Time May 4th,
Friday, 3-4pm
Location SB 111
Abstract
In this talk, we present a class of stabilized explicit-implicit domain decomposition (SEIDD) algorithms for parabolic equations. Explicit-implicit domain decomposition (EIDD) algorithms are globally non-iterative nonoverlapping domain decomposition methods, which, when compared with Schwartz algorithm based parabolic solvers, are both computationally and communicationally efficient for each time step simulation but suffer from time-step size restrictions due to conditional stability or conditional consistency. The stabilization in the SEIDD algorithms retain the time-stepwise efficiency in computation and communication of the EIDD algorithms but free the algorithms from time-step size restrictions, rendering SEIDD algorithms excellent candidates for large scale parallel simulation problems.
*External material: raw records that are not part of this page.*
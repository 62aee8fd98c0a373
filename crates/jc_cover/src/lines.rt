//! The lines of a class.
ghost use Rattle.std.specs.Prelude.{◌≡◌, ◌++◌, ◌<◌, ◌≤◌, ◌^◌, All, None, length, replicate, option_to_list, if◌then◌else◌, OnOk, IfOk};
ghost use Rattle.jc_methods.specs.WellMade.{IsLine};
ghost use Rattle.jc_bytes.specs.FirstSeen.{first_seen};
ghost use Rattle.jc_cover.specs.Lines.{with_lines, first_of, insn_lines, covered_insn_lines, counted_lines};
ghost use Rattle.jc_cover.specs.Sums.{insns_weight};

use crate::coverage::Count;
use crate::sums::branch_count;
use jc_bytes::{List, Memory, first_seen};
use jc_methods::LineAt;
use std::alloc::{AllocError, Global};

/// The lines of the instructions of a class, in the order of the instructions.
#[derive(Debug, Drop)]
pub struct Lines {
    /// The line of each instruction that has one.
    pub all: Vec<u32>,
    /// The line of each of them that is covered.
    pub covered: Vec<u32>,
}

/// For each of so many instructions, the line that the last entry there begins.
fn line_starts(
    alloc: Global,
    table: &[LineAt],
    count: usize,
) -> Result<Vec<Option<u32>>, AllocError>
    requires { All (IsLine count) table.now }
    ensures { IfOk result (λ starts. starts.items ≡ with_lines table.now (replicate count None)) }
{
    let mut starts = vec![in alloc; None; count]?;
    'starting: for line in table {
        starts[line.at as usize] = Some(u32::from(line.line));
    }
    Ok(starts)
}

/// Puts the number at the end, if there is one.
fn put_number(numbers: &mut Vec<u32>, number: Option<u32>) -> Result<(), AllocError>
    ensures { OnOk result (numbers.new.items ≡ numbers.old.items ++ option_to_list number) }
{
    if let Some(number) = number {
        numbers.push(number)?;
    }
    Ok(())
}

/// The line of an instruction: that which starts there, if one does, else that of the instruction before.
fn carried(start: Option<u32>, line: Option<u32>) -> Option<u32>
    ensures { result ≡ first_of start line }
{
    match start {
        Some(_) => start,
        None => line,
    }
}

/// The line, if the instruction is covered.
fn line_if(covered: bool, line: Option<u32>) -> Option<u32>
    ensures { result ≡ (if covered then line else None) }
{
    if covered { line } else { None }
}

/// Puts the lines of a method's instructions at the end. An instruction has the line of the entry
/// with the greatest start not past it, and of the last one among those of equal starts.
pub fn put_lines(
    alloc: Global,
    lines: &mut Lines,
    table: &[LineAt],
    insns: &[List<bool>],
) -> Result<(), Memory>
    requires few { insns_weight insns.now < 2 ^ 32 }
    requires table { All (IsLine (length insns.now)) table.now }
    ensures all { OnOk result (lines.new.all.items ≡ lines.old.all.items ++ insn_lines table.now insns.now) }
    ensures covered { OnOk result (lines.new.covered.items ≡ lines.old.covered.items ++ covered_insn_lines table.now insns.now) }
{
    let starts = line_starts(alloc, table, insns.len())?;
    let mut line = None;
    'lining: for (at, values) in insns.iter().enumerate() {
        line = carried(starts[at], line);
        let covered = branch_count(values).covered > 0;
        put_number(&mut lines.all, line)?;
        put_number(&mut lines.covered, line_if(covered, line))?;
    }
    Ok(())
}

/// How many of the different lines are missed, and how many are covered.
pub fn line_count(alloc: Global, lines: &Lines) -> Result<Count, Memory>
    requires within { length (first_seen lines.now.covered.items) ≤ length (first_seen lines.now.all.items) }
    requires few { length (first_seen lines.now.all.items) < 2 ^ 32 }
    ensures { IfOk result (λ count. count ≡ counted_lines lines.now.all.items lines.now.covered.items) }
{
    let all = first_seen(alloc, &lines.all)?.len();
    let covered = first_seen(alloc, &lines.covered)?.len();
    Ok(Count {
        missed: (all - covered) as u32,
        covered: covered as u32,
    })
}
Three algorithms of the SEIDD class are presented in this talk, which are mathematically analyzed and experimentally tested to show excellent stability, computation and communication efficiencies, and high parallel speedup and scalability.
Dr. Yu Zhuang received his Ph.D. computer science from Louisiana State University in Dec. 2000. He is currently a visiting assistant professor at IIT and will assume his assistant professorship in the CS dept of the Texas Technology University in August 2001.